Dans la région des Savanes, les courses-poursuites et les rackets orchestrés par certains éléments des forces de l’ordre sur les routes deviennent monnaie courante. Mercredi, à Gousiesse, dans le canton de Lotogou, une chasse au « trafiquant » de carburant a viré à la tragédie, créant un climat de défiance entre la population et les forces de sécurité.
Mercredi matin, un drame est venu secouer le calme apparent du village de Gousiesse, frontalier du Ghana, dans la commune de Tône 3. Deux policiers du poste de police de Tami, en chasse d’un jeune meunier revenant du Ghana avec du carburant destiné à faire fonctionner son moulin, ont violemment percuté un homme d’une cinquantaine d’années qui marchait sur le bord de la route.
Transporté d’urgence au centre de santé de Nabonga, il a succombé à ses blessures quelques minutes plus tard.
L’annonce de sa mort a provoqué une vague d’indignation dans le village. Très vite, des jeunes en colère ont investi la résidence du chef canton de Lotogou, avant de se rendre à la gendarmerie de Warkambou et à la mairie de Tône 3.
Malgré les appels au calme du secrétaire général de la mairie et des forces de l’ordre, la tension n’a cessé de monter. Deux camions de gendarmes ont finalement été dépêchés en renfort pour éviter un embrasement total.

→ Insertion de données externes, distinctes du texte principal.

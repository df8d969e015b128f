//! Variables numbered by first occurrence.
ghost use Rattle.std.specs.Prelude.{◌≡◌, ◌<◌, ◌≤◌, ◌+◌, ◌*◌, ◌^◌, ◌∷◌, [], length, OnOk};
ghost use Rattle.ucq_terms.specs.Numbering.{order_with, numbered_term, numbered_terms, numbered_atoms, terms_of};

use crate::{Atom, NoMemory, Term};
use indexmap::IndexSet;

// Puts the variable's place in the order for the variable, which stands last there where it is new.
fn number_term(order: &mut IndexSet<u32>, term: &mut Term) -> Result<(), NoMemory>
    requires { length order.old.keys + 1 < 2 ^ 32 }
    ensures order { OnOk result (order.new.keys ≡ order_with order.old.keys (term.old ∷ [])) }
    ensures term { OnOk result (term.new ≡ numbered_term order.new.keys term.old) }
    ensures few { OnOk result (length order.new.keys ≤ length order.old.keys + 1) }
{
    if let Term::Variable(variable) = *term {
        let (place, _added) = order.insert_full(variable)?;
        *term = Term::Variable(place as u32);
    }
    Ok(())
}

/// Numbers the variables of the terms by their places in the order, which new ones lengthen.
pub(crate) fn number_terms(order: &mut IndexSet<u32>, terms: &mut [Term]) -> Result<(), NoMemory>
    requires { length order.old.keys + length terms.old < 2 ^ 32 }
    ensures order { OnOk result (order.new.keys ≡ order_with order.old.keys terms.old) }
    ensures terms { OnOk result (terms.new ≡ numbered_terms order.new.keys terms.old) }
    ensures few { OnOk result (length order.new.keys ≤ length order.old.keys + length terms.old) }
{
    for term in terms.iter_mut() {
        number_term(order, term)?;
    }
    Ok(())
}

/// Numbers the variables of the atoms by their places in the order, which new ones lengthen.
pub(crate) fn number_atoms(order: &mut IndexSet<u32>, atoms: &mut [Atom]) -> Result<(), NoMemory>
    requires { length order.old.keys + 16 * length atoms.old < 2 ^ 32 }
    ensures order { OnOk result (order.new.keys ≡ order_with order.old.keys (terms_of atoms.old)) }
    ensures atoms { OnOk result (atoms.new ≡ numbered_atoms order.new.keys atoms.old) }
    ensures few { OnOk
        result
        (length order.new.keys ≤ length order.old.keys + 16 * length atoms.old) }
{
    for atom in atoms.iter_mut() {
        atom.number(order)?;
    }
    Ok(())
}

L’incident de Gousiesse lève le voile sur un problème majeur dans la région des Savanes : l’accès au carburant. « Il n’y a pas une seule station-service dans toute la commune de Tône 3. Les motos doivent rouler, les moulins doivent fonctionner. Nous avons besoin de carburant pour des urgences », s’indigne un habitant.
Pour s’approvisionner légalement, il faut parcourir près de 50 kilomètres. Mais ceux qui franchissent la frontière ghanéenne voisine pour acheter du carburant s’exposent systématiquement aux contrôles et aux rackets policiers.
« Nous sommes fatigués ! À la moindre occasion, ils t’arrêtent, te menacent et prennent de l’argent », dénonce un autre jeune du village. Cette situation, loin d’être isolée, est dénoncée depuis plusieurs mois par les populations de la région. À la mi-août, des jeunes de Nano avaient haussé le ton contre ces pratiques abusives.
Depuis trois ans, la région des Savanes est sous la menace des incursions de groupes armés non étatiques, justifiant la mise en place d’un état d’urgence sécuritaire depuis juin 2022. Dans ce contexte, la collaboration entre la population et les forces de défense et de sécurité (FDS) est essentielle. Pourtant, les abus de certains agents viennent détériorer cette relation fragile.
En mars 2024, l’évêque du diocèse de Dapaong dénonçait déjà ces pratiques de racket qui nuisent aux efforts de sécurisation du territoire. L’incident de Gousiesse en est une nouvelle illustration. Si les autorités appellent à une confiance mutuelle entre civils et forces de l’ordre, ces comportements sapent progressivement les bases de cette coopération.
Face à la colère des habitants, le procureur a ordonné l’inhumation rapide de la victime, promettant de prendre l’affaire en main. Les deux policiers impliqués auraient été placés en détention. Mais cela suffira-t-il à apaiser les tensions et à restaurer la confiance ?
Dans une région éprouvée par plusieurs années d’état d’urgence, chaque nouvel abus des forces de l’ordre creuse un peu plus le fossé entre le peuple et son armée.